In fact, with North Korean artillery shots falling in maritime buffer zones on either coast on Oct. 14, 18, and 19, a tense situation is already brewing with fighter jets from both sides confronting each other.

“With the South and the North fiercely butting heads, we are heading towards an explosive situation where anything can become a ‘fuse,’” commented Kim Chang-soo, former Blue House secretary for unification policy.

“Even if the North violates [the Sept. 19 agreement], for now, it is necessary keep a trust mechanism in place to somehow prevent a conflict between the two sides by maintaining the Sept. 19 military agreement before the situation spirals out of control,” the former secretary added.

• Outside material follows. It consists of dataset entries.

//! Sessions in which memory runs out. The output of such a session is a prefix of the session's output with ample memory.

ghost use Rattle.std.specs.Prelude.{◌<◌, ◌^◌, None};

use super::check_bytes;
use super::heap::{Call, check_rising_by, narrow, widen};
use bumpalo::Bump;
use covnamed::session;
use covsession::session::SessionFault;
use covstream::{Failed, FromRead, FromWrite, Sink, Source};
use std::alloc::{Allocator, Global};
use std::cell::Cell;
use std::process::Abort;
use std::test::*;

/// A source that returns one byte per read, so that each answer is written before the next command is read.
#[derive(Drop)]
struct Slow<'a> {
    input: &'a [u8],
    reads: u64,
}

impl<'a> Source for Slow<'a> {
    ghost left = { λ s. None };

    ghost reads = { λ s. s.reads };

    ghost failed_reads = { λ s. 0 };

    fn read(&mut self, buffer: &mut [u8]) -> Result<usize, Failed> {
        self.reads += 1;
        if buffer.is_empty() {
            return Ok(0);
        }
        let input = self.input;
        match input.split_first() {
            Some((first, rest)) => {
                buffer[0] = *first;
                self.input = rest;
                Ok(1)
            }
            None => Ok(0),
        }
    }
}

/// Runs a session and returns its result. Deliberately without an `ensures`.
fn session_end<I: Source, O: Sink, A: Allocator + Copy>(
    alloc: A,
    source: &mut I,
    sink: &mut O,
) -> Result<(), SessionFault>
    requires reads { I.reads source.old < 2 ^ 62 }
    requires failed_reads { I.failed_reads source.old < 2 ^ 62 }
    requires failed_writes { O.failed_writes sink.old < 2 ^ 62 }
{
    session(alloc, source, sink)
}

/// Runs a session on `input`. Returns the session's result and output.
fn run<A: Allocator + Copy>(
    global: Global,
    alloc: A,
    input: &[u8],
) -> (Result<(), SessionFault>, Vec<u8>) {
    let mut output: Vec<u8> = Vec::new(global);
    let ended = {
        let mut source = Slow { input, reads: 0 };
        let mut sink = FromWrite::new(&mut output);
        session_end(alloc, &mut source, &mut sink)
    };
    (ended, output)
}

/// Whether a session on `input` runs out of memory. Checks that the output is then a prefix of `wanted`, and otherwise equals
/// `wanted`.
fn is_refused_slowly(
    rt: &(impl Abort + AllocGlobal),
    heap: &Bump,
    room: usize,
    input: &[u8],
    wanted: &[u8],
) -> bool {
    narrow(rt, heap, room);
    let (ended, output) = run(rt.alloc(), heap, input);
    widen(heap);
    if let Err(fault) = ended {
        assert_eq!(rt; fault, SessionFault::Memory);
        assert!(rt; wanted.starts_with(output.as_slice()), "no beginning");
        return true;
    }
    check_bytes(rt, output.as_slice(), wanted);
    false
}

/// The size of a session's first allocation, its block for reading.
const BLOCK: usize = 65_536;

/// The input of a session that submits a tracefile, and asks for a summary.
const SMALL: &[u8] = b"trace\nTN:t\nSF:/a.c\nDA:1,2\nend_of_record\n.\nsummary\n";

/// The two answers to `SMALL`, of 25 and 119 bytes.
const SMALL_ANSWER: &[u8] = b"\
accepted 1 items 1 odd 0
Summary coverage rate:
  lines......: 100.0% (1 of 1 line)
  functions..: no data found
  branches...: no data found
.
";

/// Whether a session on `SMALL` runs out of memory. The session reads all commands at once, so all its answers are buffered. Checks
/// that a session that runs out of memory has written no answer or only the first one, and raises `noted` to the number of bytes
/// that it has written.
fn is_refused_at_once(
    rt: &(impl Abort + AllocGlobal),
    heap: &Bump,
    room: usize,
    noted: &Cell<usize>,
) -> bool {
    narrow(rt, heap, room);
    let mut output: Vec<u8> = Vec::new(rt.alloc());
    let ended = {
        let mut source = FromRead::new(SMALL);
        let mut sink = FromWrite::new(&mut output);
        session_end(heap, &mut source, &mut sink)
    };
    widen(heap);
    let Err(fault) = ended else {
        check_bytes(rt, output.as_slice(), SMALL_ANSWER);
        return false;
    };
    assert_eq!(rt; fault, SessionFault::Memory);
    assert!(rt; SMALL_ANSWER.starts_with(output.as_slice()), "no beginning");
    assert!(rt; matches!(output.len(), 0 | 25), "a part of an answer");
    noted.set(noted.get().max(output.len()));
    true
}

/// A session that is tried.
#[derive(Clone, Copy)]
pub(super) enum Session<'a> {
    /// A session that reads its input slowly, and the expected output.
    Slow(&'a [u8], &'a [u8]),
    /// A session on `SMALL`, which raises the number to that of the bytes written.
    AtOnce(&'a Cell<usize>),
}

/// Runs the session with a capacity of `room`, and returns whether it runs out of memory.
pub(super) fn is_refused(
    rt: &(impl Abort + AllocGlobal),
    heap: &Bump,
    room: usize,
    session: Session<'_>,
) -> bool {
    match session {
        Session::Slow(input, wanted) => is_refused_slowly(rt, heap, room, input, wanted),
        Session::AtOnce(noted) => is_refused_at_once(rt, heap, room, noted),
    }
}

/// The input of a session that submits a tracefile and prints the report.
const REPORTING: &[u8] = b"\
trace
TN:t
SF:/a.c
DA:1,2
DA:2,0
LF:2
LH:1
end_of_record
.
report
";

const REPORTING_ANSWER: &[u8] = b"\
accepted 1 items 2 odd 0
TN:t
SF:/a.c
DA:1,2
DA:2,0
LF:2
LH:1
end_of_record
.
";

/// The input of a session with a clash, whose submission is accepted once the other test is dropped.
const CLASHING: &[u8] = b"\
trace
TN:t
SF:/a.c
DA:1,1,abc
end_of_record
.
trace
TN:u
SF:/a.c
DA:1,1,abd
end_of_record
.
report
drop t
trace
TN:u
SF:/a.c
DA:1,1,abd
end_of_record
.
report
";

const CLASHING_ANSWER: &[u8] = b"\
accepted 1 items 1 odd 0
clash /a.c 1 abc abd
TN:t
SF:/a.c
DA:1,1,abc
LF:1
LH:1
end_of_record
.
dropped 1
accepted 2 items 1 odd 0
TN:u
SF:/a.c
DA:1,1,abd
LF:1
LH:1
end_of_record
.
";

/// The input of a session that renames a test to the name of another one.
const RENAMING: &[u8] = b"\
trace
TN:t
SF:/a.c
DA:1,2
end_of_record
TN:u
SF:/a.c
DA:1,3
end_of_record
.
rename
t
u
report
drop u
";

const RENAMING_ANSWER: &[u8] = b"\
accepted 1 items 2 odd 0
renamed 1
TN:u
SF:/a.c
DA:1,5
LF:1
LH:1
end_of_record
.
dropped 1
";

/// The input of a session that submits annotated source and prints the report.
const ANNOTATED: &[u8] = b"\
gcov t
        -:    0:Source:tmp.c
        -:    0:Runs:1
        -:    1:#include <stdio.h>
function main called 1 returned 100% blocks executed 80%
        1:    2:int main(void)
       3*:    3:  if (x)
        3:    3-block  2
branch  0 taken 2 (fallthrough)
branch  1 taken 1
call    2 returned 3
    #####:    4:  f();
branch  0 never executed
    =====:    5:  g();
.
report
";

const ANNOTATED_ANSWER: &[u8] = b"\
accepted 1 items 8 odd 0
TN:t
SF:tmp.c
FN:2,main
FNDA:1,main
FNF:1
FNH:1
BRDA:3,2,0,2
BRDA:3,2,1,1
BRDA:4,0,0,-
BRF:3
BRH:2
DA:2,1
DA:3,3
DA:4,0
DA:5,0
LF:4
LH:2
end_of_record
.
";

#[test]
fn sessions(rt: HostRuntime) {
    check_rising_by(
        &rt,
        BLOCK,
        64,
        &[
            Call::Session(Session::Slow(REPORTING, REPORTING_ANSWER)),
            Call::Session(Session::Slow(CLASHING, CLASHING_ANSWER)),
            Call::Session(Session::Slow(RENAMING, RENAMING_ANSWER)),
            Call::Session(Session::Slow(ANNOTATED, ANNOTATED_ANSWER)),
        ],
    );
}

/// The first answer is written even if there is no memory for the second.
#[test]
fn answers_before_a_refusal(rt: HostRuntime) {
    let noted = Cell::new(0);
    check_rising_by(&rt, BLOCK, 64, &[Call::Session(Session::AtOnce(&noted))]);
    assert_eq!(rt; noted.get(), 25);
}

The artillery shots fired by North Korea so far have fallen into North Korean waters without crossing the Northern Limit Line (NLL) on either coast.

If North Korean artillery shells fall beyond the NLL and into South Korean waters, however, South Korean military authorities say they will fire the same amount of artillery shots north of the NLL.

If this were to happen, the Marine Corps stationed at Baengnyeong Island would respond by firing a K9 self-propelled howitzer and joint support forces including the Army, Navy, and Air Force would go on standby.

In other words, if tensions continue to rise due to the armed rejoinders by both North and South, the possibility of an accidental military conflict breaking out between the two sides also inevitably increases.

South Korean Defense Minister Lee Jong-sup told commanders and soldiers to stand in readiness to carry out a “stern initial response in self-defense without hesitation in the event of a direct provocation from North Korea” during a visit to the Joint Chiefs’ combat control center on Sunday.

Some point out that the South Korean government should be prioritizing managing the crisis, not further escalating it.

Kim Jung-sup, current vice president of the Sejong Institute and former head of the Ministry of National Defense’s planning and coordination office, said that the North’s recent behavior “doesn’t seem like it will end with a one-off.”

“This could be a situation in which [the North] could use the South Korean and US military responses to justify a seventh nuclear test,” he said.

“We have the promise of US extended deterrence, so the government should make an effort to manage the crisis in a stable manner without overreacting,” Kim Jung-sup added.